Unraveling the Influence of Comorbidities on Parkinson’s Disease

Cassie Ramage

Mentor: Dr. Vanessa Pitz, Integrative Neurogenomics Unit, Laboratory of Neurogenetics and Center for Alzheimer’s and Related Dementias, National Institute on Aging, National Institutes of Health.

Date/Time: August 22nd, 2024 at 1:20pm.

Abstract: Parkinson’s Disease (PD) is a progressive neurological disorder impacting over 1% of older adults, significantly affecting motor function and overall quality of life. Our study explores the genetic interactions between PD and three common comorbidities: Depression (affecting 40-60% of PD patients), Type 2 Diabetes (20-30%), and Cardiovascular Disease (50%). Utilizing sequencing data from the UK Biobank and the All of Us Research Program, we performed Genome-Wide Association Studies (GWAS) with REGENIE to identify both rare (MAF < 0.01) and common (MAF > 0.01) genetic variants linked to PD and these comorbidities.

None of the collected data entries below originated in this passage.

//! Frames that are pushed: the words of a new frame are stored one by one, and the relation between frames and words holds with one frame more.
//! `specs/Laws.antt` has what a push comes to.
#![tactic(auto)]

pub mod laws;
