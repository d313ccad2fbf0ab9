//! The law of the stack's depth, as contract of a function that does nothing.

ghost use Rattle.word_depths.specs.Laws.{LinesKeepDepth, BlocksAreDeep, UsedHomesHaveRoom, StartsAreDeep};

/// Where so many words are in the stack before a line, as many are in it behind the line as the account of homes says; and the line leads to no
/// block but those that it names, and to the one whose code an Enter has.
pub fn lines_keep_depth()
    ensures { LinesKeepDepth }
{}

/// At the start of a block for which the stack is deep enough, and from there on from line to line, the homes in the stack of the variables that
/// live are among the words that are in it; and a block to which a line leads is one for which it is deep enough.
pub fn blocks_are_deep()
    ensures { BlocksAreDeep }
{}

/// Where the stack is as deep as the account says, the home in the stack of each variable that the line uses is inside of the stack.
pub fn used_homes_have_room()
    ensures { UsedHomesHaveRoom }
{}

/// At the start of the entry with an empty stack, and of each block whose code is taken, the stack is as deep as the account says.
pub fn starts_are_deep()
    ensures { StartsAreDeep }
{}
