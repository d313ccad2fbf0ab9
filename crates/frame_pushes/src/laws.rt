//! Laws of frames that are pushed, in stamped runs.

ghost use Rattle.frame_pushes.specs.Laws.{PushesArePerformed};

/// The code that pushes a frame, in front of the rest of a block, comes to the rest where the stack has room: the frame is there with the
/// values of the variables that it keeps, and all else is as before.
pub fn frames_are_pushed()
    ensures { PushesArePerformed }
{}
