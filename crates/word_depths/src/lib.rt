//! How many words the stack of a program of words has for certain.
#![tactic(auto)]

pub mod laws;
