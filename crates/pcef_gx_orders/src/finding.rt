//! What a session has now that orders speak of.

ghost use Rattle.std.specs.Prelude.{◌≡◌, IfOk, option_map};
ghost use Rattle.pcef_gx_orders.specs.Standing.{active_definition, keys_on};
ghost use Rattle.pcef_gx_orders.specs.Keeping.{definition_of, kept_definition, on_of};
ghost use Rattle.pcef_model.specs.Refusals.{is_active};

use pcef_active::ActiveRules;
use pcef_rule::{KeyName, Rule, RuleName};
use pcef_session::SessionState;
use pcef_table::Source;
use pcef_usage::KeyState;
use std::alloc::{AllocError, Global};

/// The definition of a dynamic rule.
fn definition_of(source: &Source) -> Option<&Rule>
    ensures { option_map (λ r. r.now) result ≡ definition_of source.now }
{
    match source {
        Source::Dynamic(rule) => Some(rule),
        Source::Predefined(_) => None,
    }
}

/// The definition of the kept rule of this name, where it is a dynamic one.
fn kept_definition<'a>(rules: &'a ActiveRules, name: &RuleName) -> Option<&'a Rule>
    ensures { option_map (λ r. r.now) result ≡ kept_definition name.now rules.now.rules }
{
    for place in 0..rules.len() {
        if let Some((kept, source)) = rules.get_index(place) {
            if *kept == *name {
                return definition_of(source);
            }
        }
    }
    None
}

/// The definition of the active rule of this name, where it is a dynamic one.
pub(crate) fn active_definition<'a>(session: &'a SessionState, name: &RuleName) -> Option<&'a Rule>
    ensures { option_map (λ r. r.now) result
        ≡ active_definition session.now.setting session.now.journal name.now }
{
    kept_definition(session.active(), name)
}

/// Whether a rule of this name is active.
pub(crate) fn is_active(session: &SessionState, name: &RuleName) -> bool
    ensures { result ≡ is_active session.now.setting session.now.journal name.now }
{
    session.active().contains(name)
}

/// The keys that are on, of those that have a slot.
fn on_of(alloc: Global, states: &[KeyState]) -> Result<Vec<KeyName>, AllocError>
    ensures { IfOk result (λ keys. keys.items ≡ on_of states.now) }
{
    let mut keys = Vec::new(alloc);
    for state in states {
        if state.on {
            keys.push(state.key.copy())?;
        }
    }
    Ok(keys)
}

/// The keys that are on, in slot order. Takes memory.
#[tactic(auto, using(crate::proofs::Kept::keys_are_on))]
pub(crate) fn keys_on(alloc: Global, session: &SessionState) -> Result<Vec<KeyName>, AllocError>
    ensures { IfOk result (λ keys. keys.items ≡ keys_on session.now.setting session.now.journal) }
{
    on_of(alloc, session.usage().states())
}
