//! Orders with the names of their rules and keys as they stood in the message.

ghost use Rattle.std.specs.Prelude.{◌≡◌, IfOk};
ghost use Rattle.pcef_gx_orders.specs.Naming.{name_given};

use pcef_gx::{Order, octets_of};
use std::alloc::{AllocError, Global};
use std::marker::Model;

/// An order, and the name of its rule or monitoring key as it stood in the message. Contracts see the order.
#[derive(Drop)]
pub struct NamedOrder<'m> {
    order: Order<'m>,
    name: Vec<u8>,
}

impl<'m> Model for NamedOrder<'m> {
    ghost use Rattle.std.specs.Prelude.{◌≡◌};
    ghost use Rattle.pcef_gx.specs.declared.order.Order.{Order};
    ghost use Rattle.pcef_gx_orders.specs.Naming.{name_given};

    ghost Value = { Order };

    ghost view = { λ n. n.order };

    ghost invariant = { λ n. n.name.items ≡ name_given n.order };
}

/// The name of the rule or key in an order, as it stood; no octets where the order has none.
fn name_given(alloc: Global, order: &Order) -> Result<Vec<u8>, AllocError>
    ensures { IfOk result (λ name. name.items ≡ name_given order.now) }
{
    match order {
        Order::Remove(name) => octets_of(alloc, name.as_str().as_bytes()),
        Order::Activate(name) => octets_of(alloc, name.as_str().as_bytes()),
        Order::Install(change) => octets_of(alloc, change.name.as_str().as_bytes()),
        Order::Unable { name, .. } => Vec::from_slice(alloc, name.octets()),
        Order::Monitor { key, .. } => octets_of(alloc, key.as_str().as_bytes()),
        Order::Stop(key) => octets_of(alloc, key.as_str().as_bytes()),
        Order::ReportNow(key) => octets_of(alloc, key.as_str().as_bytes()),
        Order::Triggers(_) | Order::ReportAll => Ok(Vec::new(alloc)),
    }
}

impl<'m> NamedOrder<'m> {
    /// An order with its name. Takes memory.
    fn new(alloc: Global, order: Order<'m>) -> Result<NamedOrder<'m>, AllocError>
        ensures { IfOk result (λ named. named ≡ order.entry) }
    {
        let name = name_given(alloc, &order)?;
        Ok(NamedOrder { order, name })
    }

    /// The order. Takes no memory.
    pub fn order(&self) -> &Order<'m>
        ensures { result.now ≡ self.now }
    {
        &self.order
    }

    /// The name of its rule or key, as it stood; no octets where it has none. Takes no memory.
    pub fn name(&self) -> &[u8]
        ensures { result.now ≡ name_given self.now }
    {
        &self.name
    }
}

/// The same orders, each with the name of its rule or key as it stood in the message. Takes memory for them.
pub fn with_names<'m>(
    alloc: Global,
    orders: Vec<Order<'m>>,
) -> Result<Vec<NamedOrder<'m>>, AllocError>
    ensures { IfOk result (λ named. named.items ≡ orders.entry.items) }
{
    let mut named = Vec::with_capacity(alloc, orders.len())?;
    for order in orders {
        named.push(NamedOrder::new(alloc, order)?)?;
    }
    Ok(named)
}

Our analysis identified several significant rare variants associated with each comorbidity in the individual datasets, including a notable common variant in the RAB6A gene within the Type 2 Diabetes cohort, which has been experimentally linked to disrupted neurite outgrowth. However, individual dataset analyses suffered from limited statistical power and genomic inflation, prompting us to conduct a meta-analysis to address these issues.

The meta-analysis reduced genomic inflation and improved statistical power but did not reveal significant SNPs across the combined datasets. This suggests that there may not be a strong genetic component contributing to the development of PD in individuals with these comorbidities, or vice versa.